Dual Survival is good and I've watched every episode, but you have 2 great minds when it comes to survival and it's nice to see them use their knowledge and superior knowledge when it comes to the environments.  However, again, unrealistic that 2 people with this much knowledge would end up together in a survival situation.  It could happen, but seems very far fetched.  I guess it's the fact that they seem to have different mentalities to survival so people are able to connect with at least one of them when watching.

Survivorman is good, and he does brave the elements alone, but when that happens, why is he 100feet away from the camera and trekking the snowy mountains?  Does the camera crew get notified to pick the camera up or does he then have to go get the camera?

I'd like to see Les and 1 cameraman going out into these survival scenarios, that way things can be better filmed as they happen.  The cameraman cannot be skilled in survival and it's just the two of them.  Then, we might also be able to see a solar powered camera put to use (if there is such a thing).

----------


## Rick

Remember that Les can film several treks away from and toward the camera in few hours and edit them into the show where they want. Move the camera a few feet and point in a different direction and you have a completely different scene. If you do that on the edge of a tree line near a lake or stream you have an infinite number of scenes you can construct in a relatively short time because of the different environments.

----------


## hunter63

Les did mention in one episode where he was on horseback, that the horses were getting up set with him as he was stopping and going back for filming reasons, instead of just riding on.

----------


## Rick

That's not good.
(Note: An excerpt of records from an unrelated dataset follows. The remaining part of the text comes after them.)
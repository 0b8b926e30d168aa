//! A worker: its pass names the tasks that it holds.
ghost use Rattle.std.specs.Prelude.{◌≡◌, ◌≤◌, ◌<◌, ◌+◌, ◌^◌, [], ◌∷◌, drop, Some, IsFalse, IsTrue};
ghost use Rattle.std.specs.VecDeque.{deque_len};
ghost use Rattle.crossbeam_queue.specs.Passes.{view, IsPassOf};
ghost use Rattle.flow_crew.specs.Rules.{hand};

use crate::bell::Bell;
use crate::item::{Item, Round};
use crate::rule::{Puts, Queue, Takes, Ticket};
use crate::shift::Hours;
use flow_board::{Board, Gate};
use flow_poll::{TurnState, Turned};
use flow_value::Runs;
use std::alloc::{AllocError, Global};
use std::collections::VecDeque;
use std::sync::Wait;
use std::time::Clock;

/// How many events a task does at a time.
const TURN: u64 = 64;

/// How many events a worker does, at most, while a job that has come to a lane which it holds waits for it. With few, lanes would lie empty
/// later, since a message takes several turns of both blocks from one to the next.
const AHEAD: u64 = 256;

/// What a worker did: how many events, whether a task moved, whether a job waits in a lane that it holds, and whether memory was refused.
#[derive(Clone, Copy)]
pub(crate) struct Done {
    pub(crate) events: u64,
    pub(crate) moved: bool,
    pub(crate) job: bool,
    pub(crate) refused: bool,
}

impl Done {
    /// Nothing.
    pub(crate) fn nothing() -> Done
        ensures events { result.events ≡ 0 }
    {
        Done {
            events: 0,
            moved: false,
            job: false,
            refused: false,
        }
    }

    /// Memory was refused.
    pub(crate) fn refused(self) -> Done
        ensures events { result.events ≡ self.events }
    {
        Done {
            refused: true,
            ..self
        }
    }

    /// With what came of one turn.
    fn with(self, turned: Turned) -> Done
        requires { self.events + turned.events < 2 ^ 64 }
        ensures events { result.events ≡ self.events + turned.events }
    {
        Done {
            events: self.events + turned.events as u64,
            moved: self.moved || turned.state == TurnState::Moved,
            ..self
        }
    }

    /// With what another worker did: the events of both, and whether memory was refused to one of them.
    pub(crate) fn and(self, other: Done) -> Done
        requires { self.events + other.events < 2 ^ 64 }
        ensures events { result.events ≡ self.events + other.events }
    {
        Done {
            events: self.events + other.events,
            refused: self.refused || other.refused,
            ..Done::nothing()
        }
    }
}

pub(crate) struct Worker<W: Runs, J: Round<W>> {
    pub(crate) pass: Ticket<W, J>,
    /// The tasks that it holds, in the order in which it took them.
    pub(crate) held: VecDeque<Item<W, J>>,
    ghost names: { (view pass).holds ≡ held.items },
}

impl<W: Runs, J: Round<W>> Worker<W, J> {
    pub(crate) fn new(pass: Ticket<W, J>, held: VecDeque<Item<W, J>>) -> Worker<W, J>
        requires names { (view pass).holds ≡ held.items }
        ensures pass { result.pass ≡ pass }
    {
        Worker { pass, held }
    }

    /// Takes a task from the queue, where there is one and room for it.
    fn take(&mut self, queue: &Queue<W, J>) -> bool
        requires queue { IsPassOf queue.now self.old.pass }
        requires part { 0 < (view self.old.pass).parts }
        ensures queue { IsPassOf queue.now self.new.pass }
        ensures part { (view self.new.pass).parts ≡ (view self.old.pass).parts }
    {
        if self.held.len() >= self.held.capacity() {
            return false;
        }
        match queue.try_pop_as::<Takes<J>>(&mut self.pass) {
            Some(item) => {
                self.held.push_back_reserved(item);
                true
            }
            None => false,
        }
    }

    /// Whether the task that was taken last is a lane to which a job has come.
    fn has_job_last(&mut self) -> bool
        ensures pass { self.new.pass ≡ self.old.pass }
    {
        match self.held.back_mut() {
            Some(item) => item.has_job(),
            None => false,
        }
    }

    /// Takes at most so many, up to the first lane to which a job has come. Whether the last is one.
    fn take_some(&mut self, queue: &Queue<W, J>, count: usize) -> bool
        requires queue { IsPassOf queue.now self.old.pass }
        requires part { 0 < (view self.old.pass).parts }
        ensures queue { IsPassOf queue.now self.new.pass }
        ensures part { (view self.new.pass).parts ≡ (view self.old.pass).parts }
    {
        for _ in 0..count {
            if !self.take(queue) {
                return false;
            }
            if self.has_job_last() {
                return true;
            }
        }
        false
    }

    /// Puts the first task back, if there is one.
    fn put<R: Wait>(&mut self, rt: &R, queue: &Queue<W, J>, bell: &Bell) -> bool
        requires queue { IsPassOf queue.now self.old.pass }
        requires part { 0 < (view self.old.pass).parts }
        ensures queue { IsPassOf queue.now self.new.pass }
        ensures part { (view self.new.pass).parts ≡ (view self.old.pass).parts }
        ensures fewer { IsTrue result → deque_len self.new.held < deque_len self.old.held }
        ensures none { IsFalse result → self.new.held.items ≡ [] }
    {
        let Some(item) = self.held.pop_front() else {
            return false;
        };
        put_back(rt, queue, bell, &mut self.pass, item);
        true
    }

    /// Puts all but the last back.
    fn put_others<R: Wait>(&mut self, rt: &R, queue: &Queue<W, J>, bell: &Bell)
        requires queue { IsPassOf queue.now self.old.pass }
        requires part { 0 < (view self.old.pass).parts }
        ensures queue { IsPassOf queue.now self.new.pass }
        ensures part { (view self.new.pass).parts ≡ (view self.old.pass).parts }
    {
        while self.held.len() > 1 {
            if !self.put(rt, queue, bell) {
                break;
            }
        }
    }

    /// Puts all back.
    pub(crate) fn put_all<R: Wait>(&mut self, rt: &R, queue: &Queue<W, J>, bell: &Bell)
        requires queue { IsPassOf queue.now self.old.pass }
        requires part { 0 < (view self.old.pass).parts }
        ensures queue { IsPassOf queue.now self.new.pass }
        ensures part { (view self.new.pass).parts ≡ (view self.old.pass).parts }
        ensures none { self.new.held.items ≡ [] }
    {
        while self.put(rt, queue, bell) {}
    }

    /// Takes at most so many tasks, turns them for at most so many events, and puts them back. What came of it, and how many tasks it took.
    pub(crate) fn turn_some<R: Wait + Clock, G: Gate>(
        &mut self,
        rt: &R,
        alloc: Global,
        board: &Board<W>,
        queue: &Queue<W, J>,
        bell: &Bell,
        hours: &Hours,
        count: usize,
        budget: u64,
        gate: &G,
    ) -> (Done, usize)
        requires board { J.board ≡ Some board.now }
        requires queue { IsPassOf queue.now self.old.pass }
        requires part { 0 < (view self.old.pass).parts }
        ensures queue { IsPassOf queue.now self.new.pass }
        ensures part { (view self.new.pass).parts ≡ (view self.old.pass).parts }
        ensures within { result.0.events ≤ budget }
    {
        let has_job = self.take_some(queue, count);
        let taken = self.held.len();
        let done = if has_job {
            self.turn_to_job(rt, alloc, board, queue, bell, hours, budget, gate)
        } else {
            self.turn_all(rt, alloc, board, bell, hours, budget, gate)
        };
        self.put_all(rt, queue, bell);
        (done, taken)
    }

    /// Does the job that has come to the lane which is held last.
    fn do_job<G: Gate>(&mut self, alloc: Global, board: &Board<W>, gate: &G) -> Done
        requires board { J.board ≡ Some board.now }
        ensures pass { self.new.pass ≡ self.old.pass }
        ensures events { result.events ≡ 0 }
    {
        let Some(lane) = self.held.back_mut() else {
            return Done::nothing();
        };
        match lane.turn(alloc, board, 0, gate) {
            Ok(_) => Done {
                moved: true,
                ..Done::nothing()
            },
            Err(AllocError) => Done::nothing().refused(),
        }
    }

    /// Turns what it took before the last task, a lane to which a job has come, for some events while any moves; then it puts all that back,
    /// and does the job.
    fn turn_to_job<R: Wait + Clock, G: Gate>(
        &mut self,
        rt: &R,
        alloc: Global,
        board: &Board<W>,
        queue: &Queue<W, J>,
        bell: &Bell,
        hours: &Hours,
        budget: u64,
        gate: &G,
    ) -> Done
        requires board { J.board ≡ Some board.now }
        requires queue { IsPassOf queue.now self.old.pass }
        requires part { 0 < (view self.old.pass).parts }
        ensures queue { IsPassOf queue.now self.new.pass }
        ensures part { (view self.new.pass).parts ≡ (view self.old.pass).parts }
        ensures within { result.events ≤ budget }
    {
        let others = self.held.len().saturating_sub(1);
        let turned = self.turn_first(
            rt,
            alloc,
            board,
            bell,
            hours,
            others,
            budget.min(AHEAD),
            gate,
        );
        self.put_others(rt, queue, bell);
        bell.ring();
        if turned.refused {
            return turned;
        }
        let done = self.do_job(alloc, board, gate);
        Done {
            events: turned.events,
            ..done
        }
    }

    /// Turns each task that is held again and again, while any moves and the budget and the hours last, but not for long once a job has
    /// come to a lane among them.
    fn turn_all<R: Clock, G: Gate>(
        &mut self,
        rt: &R,
        alloc: Global,
        board: &Board<W>,
        bell: &Bell,
        hours: &Hours,
        budget: u64,
        gate: &G,
    ) -> Done
        requires board { J.board ≡ Some board.now }
        ensures pass { self.new.pass ≡ self.old.pass }
        ensures within { result.events ≤ budget }
    {
        let tasks = self.held.len();
        self.turn_first(rt, alloc, board, bell, hours, tasks, budget, gate)
    }

    /// The same of so many of them, the first. Each time that any has moved it rings, since tasks of others may move then.
    fn turn_first<R: Clock, G: Gate>(
        &mut self,
        rt: &R,
        alloc: Global,
        board: &Board<W>,
        bell: &Bell,
        hours: &Hours,
        tasks: usize,
        budget: u64,
        gate: &G,
    ) -> Done
        requires board { J.board ≡ Some board.now }
        requires tasks { tasks ≤ deque_len self.old.held }
        ensures pass { self.new.pass ≡ self.old.pass }
        ensures within { result.events ≤ budget }
    {
        let mut done = Done::nothing();
        for _ in 0..budget {
            let more = self.turn_once(alloc, board, tasks, budget - done.events, gate);
            done = Done {
                events: done.events + more.events,
                moved: done.moved || more.moved || more.job,
                job: more.job,
                refused: more.refused,
            };
            if more.refused || more.events == 0 || (more.job && done.events >= AHEAD) {
                break;
            }
            bell.ring();
            if hours.is_over(rt, done.events) {
                break;
            }
        }
        done
    }

    /// Turns each of so many tasks once, the first that are held and of these the last first, but lanes to which a job has come. It stops
    /// where memory is refused.
    fn turn_once<G: Gate>(
        &mut self,
        alloc: Global,
        board: &Board<W>,
        tasks: usize,
        budget: u64,
        gate: &G,
    ) -> Done
        requires board { J.board ≡ Some board.now }
        requires tasks { tasks ≤ deque_len self.old.held }
        ensures pass { self.new.pass ≡ self.old.pass }
        ensures held { deque_len self.new.held ≡ deque_len self.old.held }
        ensures within { result.events ≤ budget }
    {
        let mut done = Done::nothing();
        for k in 0..tasks {
            let at = tasks - 1 - k;
            if self.held[at].has_job() {
                done.job = true;
                continue;
            }
            let most = (budget - done.events).min(TURN) as u32;
            match self.held[at].turn(alloc, board, most, gate) {
                Ok(turned) => done = done.with(turned),
                Err(AllocError) => return done.refused(),
            }
        }
        done
    }

    /// Its pass, once it holds nothing.
    pub(crate) fn end(self) -> Ticket<W, J>
        requires empty { self.held.items ≡ [] }
        ensures pass { result ≡ self.pass }
        ensures none { (view result).holds ≡ [] }
    {
        let Worker { pass, held } = self;
        drop(held);
        pass
    }
}

/// Puts the task that a pass holds first back into the queue. Where another thread is in the way, it waits until that has gone on; the queue
/// has room for all tasks.
fn put_back<W: Runs, J: Round<W>, R: Wait>(
    rt: &R,
    queue: &Queue<W, J>,
    bell: &Bell,
    pass: &mut Ticket<W, J>,
    item: Item<W, J>,
)
    requires queue { IsPassOf queue.now pass.old }
    requires part { 0 < (view pass.old).parts }
    requires first { (view pass.old).holds ≡ item ∷ drop 1 (view pass.old).holds }
    ensures queue { IsPassOf queue.now pass.new }
    ensures view { view pass.new ≡ hand (view pass.old).parts (drop 1 (view pass.old).holds) }
{
    let mut item = item;
    let mut tries = 0;
    for _ in rt.forever() {
        match queue.try_push_as::<Puts<J>>(pass, item) {
            Ok(()) => return,
            Err(back) => item = back,
        }
        bell.give_way(rt, tries);
        tries = tries.saturating_add(1);
    }
    unreachable!()
}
Never pizz off a horse......... you'll get your boots wet, Ha! I slay myself!!!

----------


## jerry

I'd like to see a 40 day series of "M$ Survivor" except with a cast of shonuff ex military trained survivalist represented from the various branches and units such as a few Navy Seals, Army Rangers, etc.  
Maybe the Brits Special Op, and others around the world, in the mix.  The wuss games and contest they devise now would surely need to be replaced with better challenges.

Albeit the real deal tough guys in a million $ game might destroy the "Survivor" series we're use to but one series of pros would be a nice change of pace imo.

----------


## RockyRaccoon

Survivorman is the way to go. 

And i do recall in one episode Les filmed himself hiking out of a canyon in some desert, was too dehydrated to go back, and had his crew go get the camera.

But you gotta admit its pretty impressive that not only does he survive, but films himself, captures multiple camera angles of what he does, and the most impressive is that he lugs around all that camera gear with him everywhere he goes. That can't be easy when you're struggling for calories.

----------


## RandyRhoads

> Gilligan's Island wins hands down!!! LOL.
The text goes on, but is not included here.